| 
Aplikasi-aplikasi CRM
Banyak
hal yang menarik dari rubrik Q/A ini. Karenanya saya
juga nggak mau ketinggalan. Pak Eko, aplikasi-aplikasi
apa saja yang dapat dikategorikan sebagai CRM? Apakah
perusahaan skala menengah sudah layak menerapkan CRM?
Yanti Irman H,
Manajer Pemasaran, Medan
Dilihat
dari obyektifnya, yaitu untuk meningkatkan kualitas hubungan
atau relasi antara perusahaan dengan pelanggannya agar yang
bersangkutan dapat menjadi customer yang loyal, penerapan
konsep aplikasi CRM tidak membedakan apakah perusahaan tersebut
berskala kecil, menengah, atau besar. Selagi perusahaan merasa
perlu menjalin komunikasi dan interaksi yang “intim” dengan
pelanggannya, pada saat itu konsep CRM dibutuhkan.
Dari jenisnya, aplikasi CRM dapat dibagi menjadi 3 (tiga)
kategori, yaitu masing-masing: Operational CRM, Analytical
CRM, dan Collaborative CRM. Karakteristik dari masing-masing
kategori adalah sebagai berikut:
•
Operational CRM merupakan kumpulan dari aplikasi yang terkait
secara langsung maupun tidak langsung dengan proses transaksional
yang berhubungan dengan pelayanan pada pelanggan. Terdapat
3 (tiga) tipe aplikasi dalam domain ini. Pertama, aplikasi
mobile office yang diinstalasi pada perangkat digital (digital
devices) portable – seperti handphone, personal digital
assistant, notebook, dan lain-lain - yang digunakan oleh
sejumlah salesman atau company agent yang lain untuk melayani
pelanggan.
Kedua, aplikasi front office yang digunakan oleh
salesman, marketing agent, atau customer service sebagai
alat bantu dalam memenuhi kebutuhan pelanggan yang menghubungi
mereka sehari-hari.
Ketiga, aplikasi back office yang merupakan
aplikasi penunjang sejumlah aplikasi utama dalam dua domain
terdahulu.
•
Analytical CRM merupakan kumpulan dari aplikasi yang digunakan
khususnya oleh para pimpinan, manajer, dan supervisor dalam
usahanya mengambil sejumlah keputusan (decision making) penting,
baik yang bersifat strategis maupun operasional. Jantung
dari domain aplikasi ini terletak pada sebuah data warehouse
yang berisi data dan informasi lengkap mengenai seluruh profil
pelanggan beserta rekaman transaksi dan “perilaku”-nya.
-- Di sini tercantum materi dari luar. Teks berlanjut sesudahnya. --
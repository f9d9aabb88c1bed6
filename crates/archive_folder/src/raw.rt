//! A folder over any raw folder, whose list comes in any order.
ghost use Rattle.std.specs.Prelude.{◌≡◌, ◌≢◌, ◌⊎◌, ◌↔◌, ◌-◌, ◌^◌, ◌<◌, ◌≤◌, ℕ, List, [], Some, None, IfOk, OnOk, OnErr, IsPermutation, true};
ghost use Rattle.std.specs.List.{Contains};
ghost use Rattle.std.specs.List.Sorted.{IsNonDecreasingBy};
ghost use Rattle.disk_model.specs.Image.{settled};
ghost use Rattle.archive_folder.specs.declared.raw.FaultKind.{FaultKind as FaultKindOf};
ghost use Rattle.archive_folder.specs.Names.{Name, Place, Out, Kept, IsKept, numbers_of, listed, made, removed, synced, AreBelow};
ghost use Rattle.archive_folder.specs.Clock.{HasLeft, NamesPass, MayHaveMade, MayHaveRemoved};

use crate::folder::fail;
use crate::{FileFacts, FileName, Folder};
use disk_model::{Disk, DiskFault};
use std::alloc::Global;

/// Why a call failed, as far as it matters to what is done then.
#[derive(Clone, Copy, Debug, PartialEq, Eq)]
pub enum FaultKind {
    /// No room is left on the device, or in what its owner may use of it.
    Full,
    /// Memory was refused.
    Memory,
    /// Anything else that the system answers.
    Refused,
}

/// A folder of the system, as its calls are documented. What it says of names and files holds if it is honest.
pub trait RawFolder {
    /// A file, opened.
    type File: Disk;

    ghost names: { Self → List Name };

    ghost file: { Self → ℕ → Place Self.File };

    ghost is_honest: { Self → Type 0 };

    ghost moment: { Self → ℕ };

    ghost left_since: { Self → ℕ → List ℕ → Type 0 };

    /// The names of ours that are there, in any order.
    fn entries(&mut self, alloc: Global) -> Result<Vec<FileName>, FaultKind>
        ensures listed { IfOk result (λ files. is_honest self.old
            → IsPermutation (numbers_of files.items) (listed (names self.old))) }
        ensures same { is_honest self.old → names self.new ≡ names self.old }
        ensures files { is_honest self.old → file self.new ≡ file self.old }
        ensures time { is_honest self.old → NamesPass (moment self.old) (moment self.new)
            (left_since self.old) (left_since self.new) (names self.old) }
        ensures honest { is_honest self.old ↔ is_honest self.new };

    /// What stands under a name. Nothing is promised of it: it is for what is thrown away.
    fn facts(&mut self, name: FileName) -> Result<FileFacts, FaultKind>
        ensures same { is_honest self.old → names self.new ≡ names self.old }
        ensures files { is_honest self.old → file self.new ≡ file self.old }
        ensures time { is_honest self.old → NamesPass (moment self.old) (moment self.new)
            (left_since self.old) (left_since self.new) (names self.old) }
        ensures honest { is_honest self.old ↔ is_honest self.new };

    /// Makes an empty file where none is, and hands it out.
    fn create_new(&mut self, name: FileName) -> Result<Self::File, FaultKind>
        requires { is_honest self.old → AreBelow name.number (names self.old) }
        ensures made { OnOk result (is_honest self.old
            → names self.new ≡ made name.number (names self.old)) }
        ensures empty { IfOk result (λ disk. is_honest self.old
            → Self.File.is_honest disk × (Self.File.state disk ≡ settled [])) }
        // Also in a folder that isn't honest the file is a new one.
        ensures fresh { IfOk result (λ disk. Self.File.is_honest disk → Self.File.state disk ≡ settled []) }
        ensures out { OnOk result (is_honest self.old → file self.new name.number ≡ Out) }
        ensures failed { OnErr result (is_honest self.old
            → (names self.new ≡ names self.old)
            ⊎ (MayHaveMade name.number (names self.old) (names self.new)
            × ((disk : Self.File) × (file self.new name.number ≡ Kept disk)
            × Self.File.is_honest disk × (Self.File.state disk ≡ settled [])))) }
        ensures others { is_honest self.old
            → (n : ℕ) → n ≢ name.number → file self.new n ≡ file self.old n }
        ensures time { is_honest self.old → NamesPass (moment self.old) (moment self.new)
            (left_since self.old) (left_since self.new) (made name.number (names self.old)) }
        ensures honest { is_honest self.old ↔ is_honest self.new };

    /// Hands a file out as it stands.
    fn open(&mut self, name: FileName) -> Result<Self::File, FaultKind>
        requires there { is_honest self.old → Contains (listed (names self.old)) name.number }
        requires kept { is_honest self.old → IsKept (file self.old name.number) }
        ensures opened { IfOk result (λ disk. is_honest self.old → file self.old name.number ≡ Kept disk) }
        ensures out { OnOk result (is_honest self.old → file self.new name.number ≡ Out) }
        ensures failed { OnErr result (is_honest self.old → file self.new name.number ≡ file self.old name.number) }
        ensures others { is_honest self.old
            → (n : ℕ) → n ≢ name.number → file self.new n ≡ file self.old n }
        ensures same { is_honest self.old → names self.new ≡ names self.old }
        ensures time { is_honest self.old → NamesPass (moment self.old) (moment self.new)
            (left_since self.old) (left_since self.new) (names self.old) }
        ensures honest { is_honest self.old ↔ is_honest self.new };

    /// Takes a file back that was handed out under this number. What it returns is why the file failed last, unless that
    /// was returned before.
    fn take_back(&mut self, number: u64, disk: Self::File) -> Option<FaultKind>
        requires { is_honest self.old → file self.old number ≡ Out }
        ensures kept { is_honest self.old → file self.new number ≡ Kept disk }
        ensures others { is_honest self.old
            → (n : ℕ) → n ≢ number → file self.new n ≡ file self.old n }
        ensures same { is_honest self.old → names self.new ≡ names self.old }
        ensures time { is_honest self.old → NamesPass (moment self.old) (moment self.new)
            (left_since self.old) (left_since self.new) (names self.old) }
        ensures honest { is_honest self.old ↔ is_honest self.new };

    /// Removes a file, and what stands beside it.
    fn remove_file(&mut self, name: FileName) -> Result<(), FaultKind>
        requires there { is_honest self.old → Contains (listed (names self.old)) name.number }
        requires kept { is_honest self.old → IsKept (file self.old name.number) }
        ensures removed { OnOk result (is_honest self.old
            → names self.new ≡ removed name.number (names self.old)) }
        ensures failed { OnErr result (is_honest self.old
            → MayHaveRemoved name.number (names self.old) (names self.new)) }
        ensures files { is_honest self.old → file self.new ≡ file self.old }
        ensures time { is_honest self.old → NamesPass (moment self.old) (moment self.new)
            (left_since self.old) (left_since self.new) (removed name.number (names self.old)) }
        ensures honest { is_honest self.old ↔ is_honest self.new };

    /// Puts on the device which names are there.
    fn sync_all(&mut self) -> Result<(), FaultKind>
        ensures synced { OnOk result (is_honest self.old
            → names self.new ≡ synced (names self.old)) }
        ensures failed { OnErr result (is_honest self.old → names self.new ≡ names self.old) }
        ensures files { is_honest self.old → file self.new ≡ file self.old }
        ensures time { is_honest self.old → NamesPass (moment self.old) (moment self.new)
            (left_since self.old) (left_since self.new) (names self.old) }
        ensures honest { is_honest self.old ↔ is_honest self.new };

    /// The same as of a `Folder`.
    ghost laws: { (folder : Self) → is_honest folder
        → HasLeft (names folder) (moment folder) (left_since folder) };
}

/// Puts names in the order of their numbers.
fn sort_by_number(files: &mut Vec<FileName>)
    ensures same { IsPermutation files.old.items files.new.items }
    ensures sorted { IsNonDecreasingBy (λ (file : FileName). file.number) files.new.items }
{
    files.sort_unstable_by_key(|file| file.number);
}

/// A folder over a raw one. It keeps why its last call failed, or that of a file that was given back after it.
#[derive(Drop)]
pub struct FileFolder<R: RawFolder> {
    raw: R,
    last: Option<FaultKind>,
    failures: u64,
}

impl<R: RawFolder> FileFolder<R> {
    ghost use Rattle.archive_folder.specs.FileFolder.{raw_of, last_of, failures_of};

    /// A folder over this one, which hasn't failed.
    pub fn over(raw: R) -> FileFolder<R>
        ensures raw { raw_of result ≡ raw }
        ensures last { last_of result ≡ None }
        ensures failures { failures_of result ≡ 0 }
    {
        FileFolder {
            raw,
            last: None,
            failures: 0,
        }
    }

    /// Why the last call of the folder failed, or of the file that was given back after it, if one did.
    pub fn last_fault(&self) -> Option<FaultKind>
        ensures { result ≡ last_of self.now }
    {
        self.last
    }

    /// The raw folder as it stands.
    pub fn into_inner(self) -> R
        ensures { result ≡ raw_of self }
    {
        let FileFolder { raw, .. } = self;
        raw
    }
}

/// Counts a failure, and keeps why.
fn note(last: &mut Option<FaultKind>, failures: &mut u64, kind: FaultKind) -> DiskFault
    ensures last { last.new ≡ Some kind }
    ensures rises { (failures.old < failures.new) ⊎ (failures.new ≡ 2 ^ 64 - 1) }
    ensures later { failures.old ≤ failures.new }
{
    *last = Some(kind);
    fail(failures)
}

impl<R: RawFolder> Folder for FileFolder<R> {
    ghost use Rattle.archive_folder.specs.FileFolder.{last_of};

    type File = R::File;

    ghost names = { λ f. R.names f.raw };

    ghost file = { λ f. R.file f.raw };

    ghost is_honest = { λ f. R.is_honest f.raw };

    ghost moment = { λ f. R.moment f.raw };

    ghost left_since = { λ f. R.left_since f.raw };

    ghost failures = { λ f. f.failures };

    ghost laws = { λ f. R.laws f.raw };

    fn list(&mut self, alloc: Global) -> Result<Vec<FileName>, DiskFault> {
        match self.raw.entries(alloc) {
            Ok(files) => {
                let mut files = files;
                sort_by_number(&mut files);
                self.last = None;
                Ok(files)
            }
            Err(kind) => Err(note(&mut self.last, &mut self.failures, kind)),
        }
    }

    fn facts(&mut self, name: FileName) -> Result<FileFacts, DiskFault> {
        match self.raw.facts(name) {
            Ok(facts) => {
                self.last = None;
                Ok(facts)
            }
            Err(kind) => Err(note(&mut self.last, &mut self.failures, kind)),
        }
    }

    fn make(&mut self, name: FileName) -> Result<R::File, DiskFault> {
        match self.raw.create_new(name) {
            Ok(disk) => {
                self.last = None;
                Ok(disk)
            }
            Err(kind) => Err(note(&mut self.last, &mut self.failures, kind)),
        }
    }

    fn open(&mut self, name: FileName) -> Result<R::File, DiskFault> {
        match self.raw.open(name) {
            Ok(disk) => {
                self.last = None;
                Ok(disk)
            }
            Err(kind) => Err(note(&mut self.last, &mut self.failures, kind)),
        }
    }

    fn give_back(&mut self, number: u64, disk: R::File) {
        if let Some(kind) = self.raw.take_back(number, disk) {
            self.last = Some(kind);
        }
    }

    fn remove(&mut self, name: FileName) -> Result<(), DiskFault> {
        match self.raw.remove_file(name) {
            Ok(()) => {
                self.last = None;
                Ok(())
            }
            Err(kind) => Err(note(&mut self.last, &mut self.failures, kind)),
        }
    }

    fn sync(&mut self) -> Result<(), DiskFault> {
        match self.raw.sync_all() {
            Ok(()) => {
                self.last = None;
                Ok(())
            }
            Err(kind) => Err(note(&mut self.last, &mut self.failures, kind)),
        }
    }

    fn is_full(&self) -> bool
        ensures full { (result ≡ true) ↔ (last_of self.now ≡ Some FaultKindOf.Full) }
    {
        match self.last {
            Some(FaultKind::Full) => true,
            _ => false,
        }
    }
}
Keseluruhan data dan informasi inilah yang akan menjadi dasar
kajian/analisa manajemen terhadap karakteristik pelanggan
yang dimiliki perusahaan, sehingga manajemen dapat mengambil
sejumlah langkah-langkah strategis dalam usahanya memahami
kebutuhan dan menjalin relasi intensif dengan pelanggannya.
•
Collaborative CRM merupakan kumpulan dari aplikasi yang memiliki
fungsi utama untuk membantu manajemen dan karyawan perusahaan
dalam menjalin aktivitas komunikasi, kolaborasi, dan kooperasi
secara efektif dengan para pelanggan perusahaan. Dengan menggunakan
beragam kanal akses (access channels) seperti website, tele
conference, email, chatting, fax, e-receptionist, dan lain-lain
diharapkan akan diperoleh sebuah mekanisme interaksi yang
dapat memuaskan pelanggan karena seluruh kepentingan dan
kebutuhannya dapat dipenuhi oleh perusahaan.•
Apakah Semua Perusahaan Membutuhkan
DRC?
Seberapa
besar manfaat Disaster Recovery Center (DRC) bagi suatu perusahaan?
Hal-hal apa yang perlu menjadi perhatian dalam menyediakan
sistem tersebut? Apakah semua perusahaan layak mengimplementasikan
sistem DRC ini?
Erwin Winneto,
Manajer Pengembangan Bisnis, Jakarta
Setiap
perusahaan pasti memiliki mekanisme yang terkait dengan
proses penciptaan produk dan/atau jasa yang ditawarkan
kepada pelanggan. Sejumlah rangkaian proses utama ini
(core processes) biasanya ditunjang oleh beragam teknologi
informasi (TI) dan komunikasi agar tercipta suatu mekanisme
kerja yang efektif, efisien, dan terkendali dengan baik.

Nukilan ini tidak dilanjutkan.